Of course, since George Bush is incapable of admitting he was wrong or making a mistake, his appeal for sympathy will be in the quality of his voice, not the content of his words. The way out of his dilemma will be to blame the system. With a flatly affected voice he speaks about how much he suffers at the news of the casualties. He earnestly stresses his good intentions unaware that "meant well" is code for "messed up."
When politicians say, "The system worked," they also imply that the system often doesn’t work. The system, whatever it is, is always available as a scapegoat. When politicians blame the system, they are saying that no one is responsible. When politicians say that they accept responsibility for something which has gone wrong, they mean nothing at all because there are no penalties attached to their acceptance of responsibility. Accepting responsibility is a far cry from repentance.
Blaming the system is a form of scapegoating, and as scapegoating it is a form of whining. The Democrats in Washington who supported the war now say that they were "duped" by the Bush Administration’s lies. What they mean is that they are such weenies that they didn’t have the courage to stand up and oppose the war for fear of having half-wit Republican weenies call them weenies. They wanted to come on strong which is a sure sign of weakness. Dupes do not elicit confidence as in the case of John Kerry.

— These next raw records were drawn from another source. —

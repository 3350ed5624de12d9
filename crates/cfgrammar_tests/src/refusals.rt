//! The texts of errors.

use crate::same::same;
use cfgrammar::yacc::{TooMany, YaccGrammarMakeError};
use std::alloc::{AllocError, Global};
use std::test::*;

/// Returns what an error prints, and drops it.
fn text_of(alloc: Global, error: YaccGrammarMakeError) -> Result<String, AllocError> {
    let text = format!(in alloc; "{error}");
    drop(error);
    text
}

/// An error without a text of its own prints its variant's name.
#[test]
fn refusals_without_a_text(rt: HostRuntime) -> Result<(), Fail> {
    let alloc = rt.alloc();
    let told = text_of(alloc, YaccGrammarMakeError::Memory(AllocError))?;
    same(&rt, "memory", told.as_str(), "Memory");
    let told = text_of(alloc, YaccGrammarMakeError::Invalid(Vec::new(alloc)))?;
    same(&rt, "invalid", told.as_str(), "Invalid");
    let many = TooMany::TooManyRules(300);
    let told = text_of(alloc, YaccGrammarMakeError::TooMany(many))?;
    same(&rt, "too many", told.as_str(), "TooManyRules");
    Ok(())
}
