//! Kinds made into values.

use crate::same::same;
use cfg_base::span::Location;
use cfg_read::yacc::{YaccKind, YaccOriginalActionKind};
use cfg_sections::header::Value;
use std::process::Abort;
use std::test::*;

const KINDS_MADE_INTO_VALUES: &[(YaccKind, &str)] = &[
    (
        YaccKind::Grmtools,
        "Setting(Unitary(Namespaced { namespace: Some((\"YaccKind\", Other(\"YaccKind\"))), member: (\"Grmtools\", Other(\"YaccKind\")) }))",
    ),
    (
        YaccKind::Eco,
        "Setting(Unitary(Namespaced { namespace: Some((\"YaccKind\", Other(\"YaccKind\"))), member: (\"Eco\", Other(\"YaccKind\")) }))",
    ),
    (
        YaccKind::Original(YaccOriginalActionKind::UserAction),
        "Setting(Constructor { ctor: Namespaced { namespace: Some((\"YaccKind\", Other(\"YaccKind\"))), member: (\"Original\", Other(\"YaccKind\")) }, arg: Namespaced { namespace: Some((\"YaccOriginalActionKind\", Other(\"YaccKind\"))), member: (\"UserAction\", Other(\"YaccKind\")) } })",
    ),
    (
        YaccKind::Original(YaccOriginalActionKind::GenericParseTree),
        "Setting(Constructor { ctor: Namespaced { namespace: Some((\"YaccKind\", Other(\"YaccKind\"))), member: (\"Original\", Other(\"YaccKind\")) }, arg: Namespaced { namespace: Some((\"YaccOriginalActionKind\", Other(\"YaccKind\"))), member: (\"GenericParseTree\", Other(\"YaccKind\")) } })",
    ),
    (
        YaccKind::Original(YaccOriginalActionKind::NoAction),
        "Setting(Constructor { ctor: Namespaced { namespace: Some((\"YaccKind\", Other(\"YaccKind\"))), member: (\"Original\", Other(\"YaccKind\")) }, arg: Namespaced { namespace: Some((\"YaccOriginalActionKind\", Other(\"YaccKind\"))), member: (\"NoAction\", Other(\"YaccKind\")) } })",
    ),
];

/// Compares the value that a kind is made into, and the kind that this stands for.
fn compare_value(
    rt: &(impl Abort + AllocGlobal),
    kind: YaccKind,
    value: &Value<Location>,
    expected: &str,
) -> Result<(), Fail> {
    let found = format!(in rt.alloc(); "{value:?}")?;
    same(rt, "value", found.as_str(), expected);
    let back = YaccKind::try_from_value(rt.alloc(), value).ok();
    assert!(rt; back == Some(kind));
    Ok(())
}

#[test]
fn kinds_made_into_values(rt: HostRuntime) -> Result<(), Fail> {
    for (kind, expected) in KINDS_MADE_INTO_VALUES {
        let value = kind.try_to_value(rt.alloc())?;
        let compared = compare_value(&rt, *kind, &value, expected);
        drop(value);
        compared?;
    }
    Ok(())
}
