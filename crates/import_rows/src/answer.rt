//! Imports as answers.

use row_files::{Part, parts};
use std::alloc::{AllocError, Global};
use yacc_import::{ImportError, Imported, Note, NoteKind, apply_notes, import};

/// Adds a line behind a mark.
fn push_line(out: &mut String, mark: &str, line: &str) -> Result<(), AllocError> {
    out.push_str(mark)?;
    out.push_str(line)?;
    out.push('\n')
}

/// Adds a note.
fn push_note(alloc: Global, out: &mut String, note: &Note) -> Result<(), AllocError> {
    let (start, end) = (note.start, note.end);
    let kind = note.kind;
    out.push_str(format!(in alloc; "{kind:?} {start}-{end}")?.as_str())?;
    if let Some(text) = &note.text {
        out.push(':')?;
        out.push_str(text.as_str())?;
    }
    out.push('\n')
}

/// Adds the text of an import and, if they are asked for, its notes.
fn push_imported(
    alloc: Global,
    out: &mut String,
    heading: &str,
    imported: &Imported,
) -> Result<(), AllocError> {
    for line in imported.text.as_str().lines() {
        push_line(out, ">", line)?;
    }
    if heading.ends_with("notes") {
        for note in imported.notes.as_slice() {
            push_note(alloc, out, note)?;
        }
    }
    Ok(())
}

/// Returns a note of the range that a word `START-END` names.
fn note_at(range: &str, text: Option<String>) -> Option<Note> {
    let (start, end) = range.split_once('-')?;
    let (Ok(start), Ok(end)) = (start.parse::<usize>(), end.parse::<usize>()) else {
        return None;
    };
    let kind = NoteKind::Mark;
    Some(Note {
        start,
        end,
        kind,
        text,
    })
}

/// Returns the note that a heading `leave out START-END` or `put TEXT in START-END` asks for; `LF` stands for a line feed.
fn asked_note(alloc: Global, heading: &str) -> Result<Option<Note>, AllocError> {
    if let Some(range) = heading.strip_prefix("leave out ") {
        return Ok(note_at(range, None));
    }
    let Some(words) = heading.strip_prefix("put ") else {
        return Ok(None);
    };
    let Some((text, range)) = words.split_once(" in ") else {
        return Ok(None);
    };
    let put = if text == "LF" { "\n" } else { text };
    Ok(note_at(range, Some(String::from_str(alloc, put)?)))
}

/// Applies the note that a heading asks for, or imports a text.
fn import_as(alloc: Global, heading: &str, text: &str) -> Result<Imported, ImportError> {
    let Some(note) = asked_note(alloc, heading)? else {
        return import(alloc, text);
    };
    let mut notes = Vec::new(alloc);
    notes.push(note)?;
    apply_notes(alloc, text, notes)
}

fn push_answer(
    alloc: Global,
    out: &mut String,
    heading: &str,
    text: &str,
) -> Result<(), AllocError> {
    match import_as(alloc, heading, text) {
        Ok(imported) => {
            let pushed = push_imported(alloc, out, heading, &imported);
            drop(imported);
            pushed
        }
        Err(ImportError::Refused(fault, at)) => {
            out.push_str(format!(in alloc; "refused {fault:?} {at}\n")?.as_str())
        }
        Err(ImportError::Memory(e)) => Err(e),
    }
}

fn push_part(alloc: Global, out: &mut String, part: &Part<'_>) -> Result<(), AllocError> {
    match part {
        Part::Line(line) => push_line(out, "", line),
        Part::Text(heading, text, _start) => push_answer(alloc, out, heading, text.as_str()),
    }
}

fn push_parts(alloc: Global, out: &mut String, parts: &[Part<'_>]) -> Result<(), AllocError> {
    for part in parts {
        push_part(alloc, out, part)?;
    }
    Ok(())
}

/// Returns the file with the right answers.
pub fn answer_file(alloc: Global, file: &str) -> Result<String, AllocError> {
    let mut out = String::new(alloc);
    let parts = parts(alloc, file)?;
    let pushed = push_parts(alloc, &mut out, parts.as_slice());
    drop(parts);
    pushed?;
    Ok(out)
}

The fact is that not many have stood up and said that they were wrong. Bush apparently believes that the reiteration of a lie establishes the truth of the lie and that the repetition of a failure will lead to success. "If at first you don’t succed, try something else." The Democrats in Congress say they were misled. In short, no one is wrong. Everyone scapegoats and by way of implication are sociopaths.
The chief mark of a moral person is not the claim to be moral as Bush claims, but the ability to own up to being wrong, acknowledging guilt, and accepting the consequences of failure. Moral people have the courage to confess that they were wrong when they were. So far, no one has exhibited morality, save Rep. John Murtha and former Sentaor John Edwards.
"Better to trust a man who is frequently in error than the one who is never in doubt," Eric Sevareid.